Синтез изображений радужной оболочки глаза с использованием генеративно-состязательных сетей

Авторы: Коннова Н.С., Мартынов С.М.
Опубликовано в выпуске: #5(100)/2025
DOI:
Раздел: Информатика, вычислительная техника и управление | Рубрика: Информационные технологии. Компьютерные технологии. Теория вычислительных машин и систем
Ключевые слова: генеративно-состязательная сеть, синтетические радужки глаза, глубокое обучение, биометрические системы, системы распознавания, распознавание радужной оболочки глаза
Опубликовано: 17.10.2025

В работе рассмотрены актуальные проблемы, связанные с разработкой и тестированием систем распознавания радужной оболочки глаза. Также исследованы проблемы, связанные с ограниченными наборами данных для обучения данных систем. В качестве возможного решения проведен обзор современных методов генерации синтетических изображений радужной оболочки глаза на основе GAN, анализ их сильных сторон и ограничений в создании реалистичных изображений.

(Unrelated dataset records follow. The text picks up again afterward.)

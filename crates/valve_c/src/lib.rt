// The archive that C and Rust link for valves that count in whole steps. Its export is one call of the function of `valve` of that name,
// under the same contract. No floating point.
#![tactic(auto)]

ghost use Rattle.std.specs.Prelude.{◌≡◌};
ghost use Rattle.valve.specs.Mix.{mixture_of, mixture_reply, sum_left};

// What C and Rust call: as `mix`, by the arms. A sum is written and answered by 0; a refusal writes nothing.
#[unsafe(no_mangle)]
pub extern "C" fn simmerstoat_valve(step: u16, knots: &[i64], sum: &mut i64) -> u32
    ensures answer { result ≡ mixture_reply (mixture_of step knots.now) }
    ensures sum { sum.new ≡ sum_left (mixture_of step knots.now) sum.old }
{
    valve::simmerstoat_valve(step, knots, sum)
}
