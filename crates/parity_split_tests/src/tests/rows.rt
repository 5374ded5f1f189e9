// Blocks of four files that a sync writes, and then of one more: where they stand in three parts of 2,048 bytes.
use crate::tests::vaults::{Long, lens, one_level};
use disk_memory::MemVault;
use disk_model::{Failed, Vault};
use std::alloc::Global;
use std::test::Fail;

/// Of a block this byte so many times; the rest is zeros.
type Block = (u8, usize);

fn bytes(block: Block) -> [u8; 1024] {
    let mut bytes = [0; 1024];
    for byte in bytes.iter_mut().take(block.1) {
        *byte = block.0;
    }
    bytes
}

fn write<V: Vault>(vault: &mut V, stripe: u32, block: Block) -> Result<(), Failed> {
    if vault.levels() == 0 {
        return Err(Failed);
    }
    vault.parity_write(0, u64::from(stripe) * 1024, &bytes(block))
}

fn sync<V: Vault>(vault: &mut V) -> Result<(), Failed> {
    if vault.levels() == 0 {
        return Err(Failed);
    }
    vault.parity_sync(0)
}

// Writes each block, and syncs the level.
fn write_all<V: Vault>(vault: &mut V, blocks: &[(u32, Block)]) -> Result<(), Failed> {
    for (stripe, block) in blocks {
        write(vault, *stripe, *block)?;
    }
    sync(vault)
}

// Whether a file has this block there.
fn has<V: Vault>(vault: &mut V, file: u32, place: u32, block: Block) -> Result<bool, Failed> {
    if file >= vault.levels() {
        return Ok(false);
    }
    let mut out = [9; 1024];
    let got = vault.parity_read(file, u64::from(place) * 1024, &mut out)?;
    Ok(got == 1024 && out == bytes(block))
}

// Whether these are the blocks of the parts, and of the level that is not split.
fn are_there<V: Vault>(parts: &mut V, plain: &mut V, blocks: &[Block]) -> Result<bool, Failed> {
    let mut stripe = 0u32;
    for block in blocks {
        if !has(parts, stripe / 2, stripe % 2, *block)? || !has(plain, 0, stripe, *block)? {
            return Ok(false);
        }
        stripe = stripe.saturating_add(1);
    }
    Ok(true)
}

// The lengths of the parts after these writes, if these are the blocks then.
fn play(
    alloc: Global,
    first: &[(u32, Block)],
    second: &[(u32, Block)],
    blocks: &[Block],
) -> Result<[u64; 3], Fail> {
    let base = MemVault::new(alloc, 3, 0)?;
    let mut split = one_level::<Long>(alloc, base, 2048)?;
    let mut plain = MemVault::new(alloc, 1, 0)?;
    write_all(&mut split, first)?;
    write_all(&mut plain, first)?;
    write_all(&mut split, second)?;
    write_all(&mut plain, second)?;
    let mut parts = split.into_base();
    if !are_there(&mut parts, &mut plain, blocks)? {
        return Err(Fail::new(format_args!("other blocks")));
    }
    lens(&mut parts)
}

// Files b, c and d of 1, 1,024 and 1,025 bytes.
static FIRST: [(u32, Block); 4] = [
    (0, (0xb, 1)),
    (1, (0xc, 1024)),
    (2, (0xd, 1024)),
    (3, (0xd, 1)),
];

// File c is gone, and e of 2,049 bytes added.
static SECOND: [(u32, Block); 3] = [(1, (0xe, 1024)), (4, (0xe, 1024)), (5, (0xe, 1))];

#[test]
fn a_level_fills_its_parts_in_order(rt: HostRuntime) -> Result<(), Fail> {
    let blocks = [(0xb, 1), (0xc, 1024), (0xd, 1024), (0xd, 1)];
    let lens = play(rt.alloc(), &FIRST, &[], &blocks)?;
    assert_eq!(rt; lens, [2048, 2048, 0]);
    Ok(())
}

#[test]
fn a_longer_level_goes_on_in_the_next_part(rt: HostRuntime) -> Result<(), Fail> {
    let blocks = [
        (0xb, 1),
        (0xe, 1024),
        (0xd, 1024),
        (0xd, 1),
        (0xe, 1024),
        (0xe, 1),
    ];
    let lens = play(rt.alloc(), &FIRST, &SECOND, &blocks)?;
    assert_eq!(rt; lens, [2048, 2048, 2048]);
    Ok(())
}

Представлены различные методы, применяемые для синтетической генерации радужной оболочки глаза, в частности, рассмотрены модели на основе StyleGAN, RaSGAN, CIT-GAN, iWarpGAN, StarGAN. Изображения, сгенерированные этими моделями, проанализированы на предмет реалистичности. Результаты исследования могут быть использованы при разработке, обучении и тестировании систем распознавания радужной оболочки глаза.

Литература

[1] Vatsa N.M., Singh R. Ocular biometrics: A survey of modalities and fusion approaches. Information Fusion, 2015, vol. 26, pp. 1–35.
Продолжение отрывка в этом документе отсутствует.